ABOUT THIS TASK: Starting at the line that holds "Ok((None, meters.seen()))" and stopping at the line that holds "device.writes = 1;", restate the records below word for word, with both of those lines included.

INPUT DATA:
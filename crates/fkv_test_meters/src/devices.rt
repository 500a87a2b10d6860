//! What meters show after known calls on three devices, failures among them, and what the calls answer.
use fkv_device::{Disk, FileDevice, MemoryDevice, Page, PageReader, PageWriter, Receipt};
use fkv_functions::Refused;
use fkv_meters::{MeterReadings, MeteredDevice, Meters};
use fkv_test_devices::UnsureDevice;
use std::alloc::Global;
use std::fs;
use std::test::Fail;

/// A call, and what it is to answer.
#[derive(Clone, Copy)]
enum Row {
    /// Writes a page of so many bytes, each this one.
    Write(u64, usize, u8, Result<(), Refused>),
    /// Reads so many bytes of the page of this receipt, counted from 0. They are to be these.
    Read(usize, usize, Result<u8, Refused>),
}

/// A page of so many bytes, each this one.
fn page_of(alloc: Global, size: usize, byte: u8) -> Result<Page, Refused> {
    let Ok(bytes) = vec![in alloc; byte; size] else {
        return Err(Refused::NoMemory);
    };
    Page::new(alloc, bytes)
}

/// What a read gave: the byte of which there are so many, or 0 where they differ.
fn byte_of(page: &Page, size: usize) -> u8 {
    let bytes = page.bytes();
    match bytes.first() {
        Some(first) if bytes.len() == size && bytes.iter().all(|byte| *byte == *first) => *first,
        _ => 0,
    }
}

/// The number of the first row that answers otherwise, and what the meters show after the rows.
fn metered<D: Disk>(
    alloc: Global,
    device: D,
    rows: &[Row],
) -> Result<(Option<usize>, MeterReadings), Refused> {
    let meters = Meters::new();
    let mut device = MeteredDevice::new(device, &meters);
    let mut writer = device.writer(0)?;
    let mut reader = device.reader(0)?;
    let mut receipts = Vec::new(alloc);
    for (number, row) in rows.iter().enumerate() {
        let is_so = match *row {
            Row::Write(page, size, byte, told) => {
                let bytes = page_of(alloc, size, byte)?;
                match writer.write(page, &bytes) {
                    Ok(receipt) => {
                        let is_so = receipt.page() == page && receipt.size() == size;
                        let Ok(()) = receipts.push(receipt) else {
                            return Err(Refused::NoMemory);
                        };
                        is_so && told == Ok(())
                    }
                    Err(refused) => told == Err(refused),
                }
            }
            Row::Read(receipt, size, told) => match receipts.get(receipt) {
                Some(receipt) => match reader.read(receipt, size) {
                    Ok(page) => told == Ok(byte_of(&page, size)),
                    Err(refused) => told == Err(refused),
                },
                None => false,
            },
        };
        if !is_so {
            return Ok((Some(number), meters.seen()));
        }
    }
    Ok((None, meters.seen()))
}

#[test]
fn pages_of_memory(rt: HostRuntime) -> Result<(), Fail> {
    let rows = [
        Row::Write(7, 256, 1, Ok(())),
        Row::Write(8, 100, 2, Ok(())),
        Row::Read(0, 256, Ok(1)),
        Row::Read(0, 255, Err(Refused::Device { code: 3, page: 7 })),
        Row::Read(1, 256, Err(Refused::Device { code: 3, page: 8 })),
        Row::Read(1, 100, Ok(2)),
        Row::Write(7, 256, 3, Ok(())),
        Row::Read(0, 256, Ok(1)),
        Row::Read(2, 256, Ok(3)),
    ];
    let seen = MeterReadings {
        pages_written: 3,
        pages_read: 4,
        bytes_written: 612,
    };
    let told = metered(rt.alloc(), MemoryDevice::new(rt.alloc()), &rows)?;
    assert!(rt; told == (None, seen), "{told:?}");
    Ok(())
}

#[test]
fn pages_of_a_file(rt: HostRuntime) -> Result<(), Fail> {
    let folder = "device_files/meters";
    let named = String::from_str(rt.alloc(), folder)?;
    let device = FileDevice::new(rt.clone()?, rt.alloc(), named, 8);
    let rows = [
        Row::Write(0, 256, 1, Ok(())),
        Row::Write(1, 255, 2, Err(Refused::Device { code: 2, page: 1 })),
        Row::Write(3, 256, 2, Ok(())),
        Row::Read(1, 256, Ok(2)),
        Row::Read(0, 128, Err(Refused::Device { code: 3, page: 0 })),
        Row::Read(0, 256, Ok(1)),
        Row::Write(0, 256, 3, Ok(())),
        Row::Read(0, 256, Err(Refused::Damaged { page: 0 })),
        Row::Read(2, 256, Ok(3)),
    ];
    let seen = MeterReadings {
        pages_written: 3,
        pages_read: 3,
        bytes_written: 768,
    };
    let told = metered(rt.alloc(), device, &rows)?;
    fs::remove_dir_all(&rt, folder)?;
    assert!(rt; told == (None, seen), "{told:?}");
    Ok(())
}

#[test]
fn pages_of_a_device_that_fails(rt: HostRuntime) -> Result<(), Fail> {
    let mut device = UnsureDevice::new(rt.alloc());
    device.writes = 1;
    device.reads = 1;
    let rows = [
        Row::Write(0, 64, 1, Ok(())),
        Row::Write(1, 64, 2, Err(Refused::Device { code: 2, page: 1 })),
        Row::Write(1, 64, 2, Ok(())),
        Row::Read(1, 64, Ok(2)),
        Row::Read(1, 64, Err(Refused::Device { code: 3, page: 1 })),
        Row::Read(0, 64, Ok(1)),
    ];
    let seen = MeterReadings {
        pages_written: 2,
        pages_read: 2,
        bytes_written: 128,
    };
    let told = metered(rt.alloc(), device, &rows)?;
    assert!(rt; told == (None, seen), "{told:?}");
    Ok(())
}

ANSWER FOR THE TASK:
    Ok((None, meters.seen()))
}

#[test]
fn pages_of_memory(rt: HostRuntime) -> Result<(), Fail> {
    let rows = [
        Row::Write(7, 256, 1, Ok(())),
        Row::Write(8, 100, 2, Ok(())),
        Row::Read(0, 256, Ok(1)),
        Row::Read(0, 255, Err(Refused::Device { code: 3, page: 7 })),
        Row::Read(1, 256, Err(Refused::Device { code: 3, page: 8 })),
        Row::Read(1, 100, Ok(2)),
        Row::Write(7, 256, 3, Ok(())),
        Row::Read(0, 256, Ok(1)),
        Row::Read(2, 256, Ok(3)),
    ];
    let seen = MeterReadings {
        pages_written: 3,
        pages_read: 4,
        bytes_written: 612,
    };
    let told = metered(rt.alloc(), MemoryDevice::new(rt.alloc()), &rows)?;
    assert!(rt; told == (None, seen), "{told:?}");
    Ok(())
}

#[test]
fn pages_of_a_file(rt: HostRuntime) -> Result<(), Fail> {
    let folder = "device_files/meters";
    let named = String::from_str(rt.alloc(), folder)?;
    let device = FileDevice::new(rt.clone()?, rt.alloc(), named, 8);
    let rows = [
        Row::Write(0, 256, 1, Ok(())),
        Row::Write(1, 255, 2, Err(Refused::Device { code: 2, page: 1 })),
        Row::Write(3, 256, 2, Ok(())),
        Row::Read(1, 256, Ok(2)),
        Row::Read(0, 128, Err(Refused::Device { code: 3, page: 0 })),
        Row::Read(0, 256, Ok(1)),
        Row::Write(0, 256, 3, Ok(())),
        Row::Read(0, 256, Err(Refused::Damaged { page: 0 })),
        Row::Read(2, 256, Ok(3)),
    ];
    let seen = MeterReadings {
        pages_written: 3,
        pages_read: 3,
        bytes_written: 768,
    };
    let told = metered(rt.alloc(), device, &rows)?;
    fs::remove_dir_all(&rt, folder)?;
    assert!(rt; told == (None, seen), "{told:?}");
    Ok(())
}

#[test]
fn pages_of_a_device_that_fails(rt: HostRuntime) -> Result<(), Fail> {
    let mut device = UnsureDevice::new(rt.alloc());
    device.writes = 1;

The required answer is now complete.